SUPPLIED DATA Block Start
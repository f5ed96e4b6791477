//! The streaming check of the current value, whose bytes arrive in chunks.

use crate::chunk_check::value_inspection::{CheckResult, Inspecting};
use crate::mismatch_search::FoundMismatch;
use base_data::model::Memory;
use std::alloc::Global;
use types_table::type_table::TypeTable;

/// The result of feeding a chunk to the check.
#[derive(Clone, Copy)]
pub enum ChunkResult {
    /// This many bytes of the chunk complete a value that has the type.
    Typed(usize),
    /// This many bytes of the chunk complete a value with exactly one mismatch. The mismatch is
    /// available until the next chunk is fed.
    Missed(usize),
    /// The whole chunk was consumed, and the value needs more bytes.
    More,
    /// The check cannot decide, and no byte of the chunk was consumed. The next call checks from
    /// the value's first byte on.
    Inconclusive,
}

/// The buffered bytes of the current value, and the state of the check. `mismatched` is true if the
/// last check was inconclusive after it found a type mismatch.
#[derive(Drop)]
pub struct StreamCheck<'a> {
    kept: Vec<u8>,
    mismatched: bool,
    inspecting: Inspecting<'a>,
}

impl<'a> StreamCheck<'a> {
    ghost use Rattle.std.specs.Prelude.{ℕ, ◌≡◌, [], None, Some, IfOk, MatchOption};
    ghost use Rattle.types_spec.specs.types.Table.{Table};
    ghost use Rattle.types_table.specs.type_table.Made.{table_of};
    ghost use Rattle.check_stream.specs.chunk_check.StreamCheck.{IsStreamCheck, IsChunkResult};
    ghost use Rattle.check_stream.specs.chunk_check.StreamCheck.{held};

    /// Creates a check without buffered bytes, without allocating memory.
    pub fn new(alloc: Global) -> StreamCheck<'a>
        ensures none { result.kept.items ≡ [] }
        ensures stream_check { (table : Table) (limit : ℕ) → IsStreamCheck table limit result }
    {
        StreamCheck {
            kept: Vec::new(alloc),
            mismatched: false,
            inspecting: Inspecting::new(alloc),
        }
    }

    /// Returns the buffered bytes of the current value.
    pub fn kept(&self) -> &[u8]
        ensures { result.now ≡ self.now.kept.items }
    {
        self.kept.as_slice()
    }

    /// Returns the mismatch that was found last, if the mismatch is still available.
    pub fn missed(&self) -> Option<&FoundMismatch>
        ensures { MatchOption result (held self.now ≡ None)
            (λ found. held self.now ≡ Some found.now) }
    {
        self.inspecting.missed()
    }

    /// Returns true if the last check was inconclusive after it found a type mismatch. Callers may
    /// use the result only to save time, because no contract promises it.
    pub fn mismatched(&self) -> bool {
        self.mismatched
    }

    /// Ends a value and starts the next value. The memory is kept.
    fn end(&mut self)
        ensures none { self.new.kept.items ≡ [] }
        ensures found { held self.new ≡ held self.old }
        ensures stream_check { (table : Table) (limit : ℕ) → IsStreamCheck table limit self.new }
    {
        self.kept.clear();
        self.inspecting.restart();
    }

    /// Feeds a chunk while no byte of the value is buffered.
    #[inline(always)]
    fn first(
        &mut self,
        alloc: Global,
        table: &'a TypeTable,
        limit: u64,
        chunk: &[u8],
    ) -> Result<ChunkResult, Memory>
        requires stream_check { IsStreamCheck (table_of table.now) limit self.old }
        requires none { self.old.kept.items ≡ [] }
        ensures { IfOk result
            (IsChunkResult (table_of table.now) limit self.old chunk.now self.new) }
    {
        match self.inspecting.inspect(alloc, table, limit, chunk)? {
            CheckResult::Typed(n) if n > 0 => {
                self.end();
                Ok(ChunkResult::Typed(n))
            }
            CheckResult::Missed(n) if n > 0 => {
                self.end();
                Ok(ChunkResult::Missed(n))
            }
            CheckResult::More => {
                self.kept.extend_from_slice(chunk)?;
                Ok(ChunkResult::More)
            }
            _ => {
                self.mismatched = self.inspecting.found_mismatch();
                self.inspecting.forget(alloc);
                Ok(ChunkResult::Inconclusive)
            }
        }
    }

    /// Feeds a chunk while bytes of the value are buffered.
    #[inline(never)]
    fn next(
        &mut self,
        alloc: Global,
        table: &'a TypeTable,
        limit: u64,
        chunk: &[u8],
    ) -> Result<ChunkResult, Memory>
        requires stream_check { IsStreamCheck (table_of table.now) limit self.old }
        ensures { IfOk result
            (IsChunkResult (table_of table.now) limit self.old chunk.now self.new) }
    {
        let before = self.kept.len();
        self.kept.extend_from_slice(chunk)?;
        match self
            .inspecting
            .inspect(alloc, table, limit, self.kept.as_slice())?
        {
            CheckResult::Typed(n) if n > before => {
                self.end();
                Ok(ChunkResult::Typed(n - before))
            }
            CheckResult::Missed(n) if n > before => {
                self.end();
                Ok(ChunkResult::Missed(n - before))
            }
            CheckResult::More => Ok(ChunkResult::More),
            _ => {
                self.kept.truncate(before);
                self.mismatched = self.inspecting.found_mismatch();
                self.inspecting.forget(alloc);
                Ok(ChunkResult::Inconclusive)
            }
        }
    }

    /// Feeds a chunk. Consumes the bytes up to the end of the current value, or the whole chunk, or
    /// nothing. If the chunk contains a whole value, the bytes of the value are not copied. If
    /// memory runs out, fails with `Memory`.
    #[inline(always)]
    pub fn feed(
        &mut self,
        alloc: Global,
        table: &'a TypeTable,
        limit: u64,
        chunk: &[u8],
    ) -> Result<ChunkResult, Memory>
        requires stream_check { IsStreamCheck (table_of table.now) limit self.old }
        ensures { IfOk result
            (IsChunkResult (table_of table.now) limit self.old chunk.now self.new) }
    {
        if self.kept.is_empty() {
            self.first(alloc, table, limit, chunk)
        } else {
            self.next(alloc, table, limit, chunk)
        }
    }
}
SUPPLIED DATA Block End
Find the word "last" in the data and copy out each line where it turns up.

→ **COMPLETED TASK**:
/// last check was inconclusive after it found a type mismatch.
    /// Returns the mismatch that was found last, if the mismatch is still available.
    /// Returns true if the last check was inconclusive after it found a type mismatch. Callers may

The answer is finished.